_Aim of the exercise_. Once the records below have been read, copy them all out exactly.

Saved entries
*** Block opens ***
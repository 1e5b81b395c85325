//! Rows.
ghost use Rattle.std.specs.Prelude.{◌≡◌, ◌∷◌, codes, ℤ, IfOk};
ghost use Rattle.std.specs.Fmt.{signed_decimal};
ghost use Rattle.ac_forms.specs.Affine.{Affine};
ghost use Rattle.ac_forms.specs.Fits.{Fits};
ghost use Rattle.ac_prooftext_lines.specs.ItemReaders.{Reads};
ghost use Rattle.ac_prooftext_lines.specs.Spellable.{IsModulus, IsSpellableForm, IsSpellableRow};
ghost use Rattle.ac_prooftext_lines.specs.Spelling.{form_words, row_words};

use crate::forms::read_form;
use crate::words::{Words, is};
use ac_forms::{Form, Row};
use std::alloc::{AllocError, Global};

/// An integer and a form.
pub fn integer_form(alloc: Global, words: &Words<'_>) -> Result<Option<(i128, Form)>, AllocError>
    ensures { IfOk result (λ found. Reads (λ (p : ℤ × Affine). Fits p.0 × IsSpellableForm p.1) (λ p. signed_decimal p.0 ∷ form_words p.1) words.now found) }
{
    let mut words = words.again();
    let Some(number) = words.integer() else {
        return Ok(None);
    };
    let Some(form) = read_form(alloc, &words)? else {
        return Ok(None);
    };
    Ok(Some((number, form)))
}

/// A modulus, which is at least 1, and a form.
pub fn modulus_form(alloc: Global, words: &Words<'_>) -> Result<Option<(i128, Form)>, AllocError>
    ensures { IfOk result (λ found. Reads (λ (p : ℤ × Affine). IsModulus p.0 × IsSpellableForm p.1) (λ p. signed_decimal p.0 ∷ form_words p.1) words.now found) }
{
    let Some((modulus, form)) = integer_form(alloc, words)? else {
        return Ok(None);
    };
    if modulus < 1 {
        return Ok(None);
    }
    Ok(Some((modulus, form)))
}

fn ge_row(alloc: Global, words: &Words<'_>) -> Result<Option<Row>, AllocError>
    ensures { IfOk result (λ found. Reads IsSpellableRow row_words (codes "ge" ∷ words.now) found) }
{
    let Some(form) = read_form(alloc, words)? else {
        return Ok(None);
    };
    Ok(Some(Row::Ge(form)))
}

fn eq_row(alloc: Global, words: &Words<'_>) -> Result<Option<Row>, AllocError>
    ensures { IfOk result (λ found. Reads IsSpellableRow row_words (codes "eq" ∷ words.now) found) }
{
    let Some(form) = read_form(alloc, words)? else {
        return Ok(None);
    };
    Ok(Some(Row::Eq(form)))
}

fn div_row(alloc: Global, words: &Words<'_>) -> Result<Option<Row>, AllocError>
    ensures { IfOk result (λ found. Reads IsSpellableRow row_words (codes "div" ∷ words.now) found) }
{
    let Some((modulus, form)) = modulus_form(alloc, words)? else {
        return Ok(None);
    };
    Ok(Some(Row::Div(modulus, form)))
}

/// The row that words spell.
pub fn read_row(alloc: Global, words: &Words<'_>) -> Result<Option<Row>, AllocError>
    ensures { IfOk result (λ found. Reads IsSpellableRow row_words words.now found) }
{
    let mut words = words.again();
    let Some(name) = words.next() else {
        return Ok(None);
    };
    if is(name, b"ge") {
        return ge_row(alloc, &words);
    }
    if is(name, b"eq") {
        return eq_row(alloc, &words);
    }
    if is(name, b"div") {
        return div_row(alloc, &words);
    }
    Ok(None)
}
*** Block closes ***
_Answer for the task_.
repository 1e5b81b395c85325
//! Rows.
ghost use Rattle.std.specs.Prelude.{◌≡◌, ◌∷◌, codes, ℤ, IfOk};
ghost use Rattle.std.specs.Fmt.{signed_decimal};
ghost use Rattle.ac_forms.specs.Affine.{Affine};
ghost use Rattle.ac_forms.specs.Fits.{Fits};
ghost use Rattle.ac_prooftext_lines.specs.ItemReaders.{Reads};
ghost use Rattle.ac_prooftext_lines.specs.Spellable.{IsModulus, IsSpellableForm, IsSpellableRow};
ghost use Rattle.ac_prooftext_lines.specs.Spelling.{form_words, row_words};

use crate::forms::read_form;
use crate::words::{Words, is};
use ac_forms::{Form, Row};
use std::alloc::{AllocError, Global};

/// An integer and a form.
pub fn integer_form(alloc: Global, words: &Words<'_>) -> Result<Option<(i128, Form)>, AllocError>
    ensures { IfOk result (λ found. Reads (λ (p : ℤ × Affine). Fits p.0 × IsSpellableForm p.1) (λ p. signed_decimal p.0 ∷ form_words p.1) words.now found) }
{
    let mut words = words.again();
    let Some(number) = words.integer() else {
        return Ok(None);
    };
    let Some(form) = read_form(alloc, &words)? else {
        return Ok(None);
    };
    Ok(Some((number, form)))
}

/// A modulus, which is at least 1, and a form.
pub fn modulus_form(alloc: Global, words: &Words<'_>) -> Result<Option<(i128, Form)>, AllocError>
    ensures { IfOk result (λ found. Reads (λ (p : ℤ × Affine). IsModulus p.0 × IsSpellableForm p.1) (λ p. signed_decimal p.0 ∷ form_words p.1) words.now found) }
{
    let Some((modulus, form)) = integer_form(alloc, words)? else {
        return Ok(None);
    };
    if modulus < 1 {
        return Ok(None);
    }
    Ok(Some((modulus, form)))
}

fn ge_row(alloc: Global, words: &Words<'_>) -> Result<Option<Row>, AllocError>
    ensures { IfOk result (λ found. Reads IsSpellableRow row_words (codes "ge" ∷ words.now) found) }
{
    let Some(form) = read_form(alloc, words)? else {
        return Ok(None);
    };
    Ok(Some(Row::Ge(form)))
}

fn eq_row(alloc: Global, words: &Words<'_>) -> Result<Option<Row>, AllocError>
    ensures { IfOk result (λ found. Reads IsSpellableRow row_words (codes "eq" ∷ words.now) found) }
{
    let Some(form) = read_form(alloc, words)? else {
        return Ok(None);
    };
    Ok(Some(Row::Eq(form)))
}

fn div_row(alloc: Global, words: &Words<'_>) -> Result<Option<Row>, AllocError>
    ensures { IfOk result (λ found. Reads IsSpellableRow row_words (codes "div" ∷ words.now) found) }
{
    let Some((modulus, form)) = modulus_form(alloc, words)? else {
        return Ok(None);
    };
    Ok(Some(Row::Div(modulus, form)))
}

/// The row that words spell.
pub fn read_row(alloc: Global, words: &Words<'_>) -> Result<Option<Row>, AllocError>
    ensures { IfOk result (λ found. Reads IsSpellableRow row_words words.now found) }
{
    let mut words = words.again();
    let Some(name) = words.next() else {
        return Ok(None);
    };
    if is(name, b"ge") {
        return ge_row(alloc, &words);
    }
    if is(name, b"eq") {
        return eq_row(alloc, &words);
    }
    if is(name, b"div") {
        return div_row(alloc, &words);
    }
    Ok(None)
}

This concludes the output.